A few words on expansion
The goal of expansion is to find documents that are on the subject we search but without exactly the word we
have in the query. For instance, in a query like “Les syndicats en Europe7” (query C156). Imaging a text in the
pool of text that is about “syndicats en Italie” but without the word Europe. If the word “Europe” is not
expanded, you cannot find this document. So meronymy expansion is the only possibility to find this document.

A few words on document ranking
The documents must be ranked. And a document that is found during step-1 must have a higher rank than the
one computed during step-2 or 3.
I use the ranking produced by Lucene as a basis and I multiply this ranking by a number lesser that one in order
to reflect the query ranking.

Results
As far as I know in reading the comparative results, our results seems to be not so bad. We are not in the worst
results.

Future
The lexicon being rather rich, a problem occurs: in case of polysemy, the system does not prune the meanings
that are described in the lexicon but that are not in the context of the sentence.
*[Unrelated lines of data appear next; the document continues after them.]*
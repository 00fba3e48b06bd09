ghost use Rattle.std.specs.Prelude.{◌≡◌, ◌++◌, IfOk, OnOk, OnErr, decimal};
ghost use Rattle.rif_script.specs.RefusalLine.{counted_word, place_text, variable_text, refusal_fields, refusal_line};

use itoa::Buffer;
use rif_refusals::{Counted, Refusal};
use rif_values::{OutOfMemory, Text};
use std::alloc::Global;

/// Puts the line of a refused input at the end of `out`, with its line feed: `refused`, the refusal's
/// number, and the place or the rule that it names. After want of memory `out` is as before.
/// The cost is the line's length; the line is made apart before it is put there.
///
/// Source: our own (docs/FORMATS.md, "Refusals").
pub fn write_refusal(alloc: Global, out: &mut Vec<u8>, refusal: &Refusal) -> Result<(), OutOfMemory>
    ensures ok { OnOk result (out.new.items ≡ out.old.items ++ refusal_line refusal.now) }
    ensures err { OnErr result (out.new.items ≡ out.old.items) }
{
    let line = line_of(alloc, refusal)?;
    out.extend_from_slice(line.as_slice())?;
    Ok(())
}

fn line_of(alloc: Global, refusal: &Refusal) -> Result<Vec<u8>, OutOfMemory>
    ensures { IfOk result (λ line. line.items ≡ refusal_line refusal.now) }
{
    let mut line = Vec::new(alloc);
    push_number(&mut line, b"refused ", u64::from(refusal.number()))?;
    push_fields(&mut line, refusal)?;
    line.push(b'\n')?;
    Ok(line)
}

fn push_fields(out: &mut Vec<u8>, refusal: &Refusal) -> Result<(), OutOfMemory>
    ensures { OnOk result (out.new.items ≡ out.old.items ++ refusal_fields refusal.now) }
{
    match refusal {
        Refusal::InputTooLong => Ok(()),
        Refusal::NotUtf8 { at } => push_number(out, b" at ", *at),
        Refusal::BadToken { line, col }
        | Refusal::Expected { line, col }
        | Refusal::TooDeep { line, col }
        | Refusal::IntRange { line, col }
        | Refusal::UnknownPrefix { line, col }
        | Refusal::LeftOut { line, col }
        | Refusal::UnknownBuiltin { line, col }
        | Refusal::Arity { line, col }
        | Refusal::BadStrategy { line, col }
        | Refusal::PriorityRange { line, col } => push_place(out, *line, *col),
        Refusal::TooMany { what, line, col } => {
            out.extend_from_slice(word_of(*what))?;
            push_place(out, *line, *col)
        }
        Refusal::Undeclared { rule, name }
        | Refusal::DeclaredTwice { rule, name }
        | Refusal::Unsafe { rule, name } => push_variable(out, *rule, name),
        Refusal::BadLine { line }
        | Refusal::BudgetTooLarge { line }
        | Refusal::TooManyItems { line }
        | Refusal::TooManyClients { line } => push_number(out, b" line ", *line),
        Refusal::TooManyBranches { rule } => push_number(out, b" rule ", u64::from(*rule)),
    }
}

fn word_of(what: Counted) -> &'static [u8]
    ensures { result.now ≡ counted_word what }
{
    match what {
        Counted::Rules => b" rules",
        Counted::Variables => b" variables",
        Counted::Patterns => b" patterns",
        Counted::Actions => b" actions",
    }
}

fn push_place(out: &mut Vec<u8>, line: u64, col: u64) -> Result<(), OutOfMemory>
    ensures { OnOk result (out.new.items ≡ out.old.items ++ place_text line col) }
{
    push_number(out, b" line ", line)?;
    push_number(out, b" col ", col)
}

fn push_variable(out: &mut Vec<u8>, rule: u32, name: &Text) -> Result<(), OutOfMemory>
    ensures { OnOk result (out.new.items ≡ out.old.items ++ variable_text rule name.now) }
{
    push_number(out, b" rule ", u64::from(rule))?;
    out.extend_from_slice(b" var ?")?;
    out.extend_from_slice(name.bytes())?;
    Ok(())
}

fn push_number(out: &mut Vec<u8>, label: &[u8], number: u64) -> Result<(), OutOfMemory>
    ensures { OnOk result (out.new.items ≡ out.old.items ++ label.now ++ decimal number) }
{
    let mut digits = Buffer::new();
    out.extend_from_slice(label)?;
    out.extend_from_slice(digits.format(number).as_bytes())?;
    Ok(())
}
That means that sometime the
expansion is noisy.
The system could be improved by a semantic desambiguation component.

Conclusion
The query ranking has been adapted for CLEF-2003 but the rest (the chunker and the ontology) has been used as
is.
The system works pretty well.
We did not have big problems to participate to the 2003 campaign.
It was easier than last year.


5
  “meronymy” is the relation “is part a of”, for instance “Italy is a part of Europe”.
6
  “derivation” is the relation that permits to link two related meanings with a different part of speech, for instance
from a verb to a noun, by a link like “this is a name of the action” or “this is the name of the result of the action”.
7
  Straightforward translation in English : « the syndicates in Europe ».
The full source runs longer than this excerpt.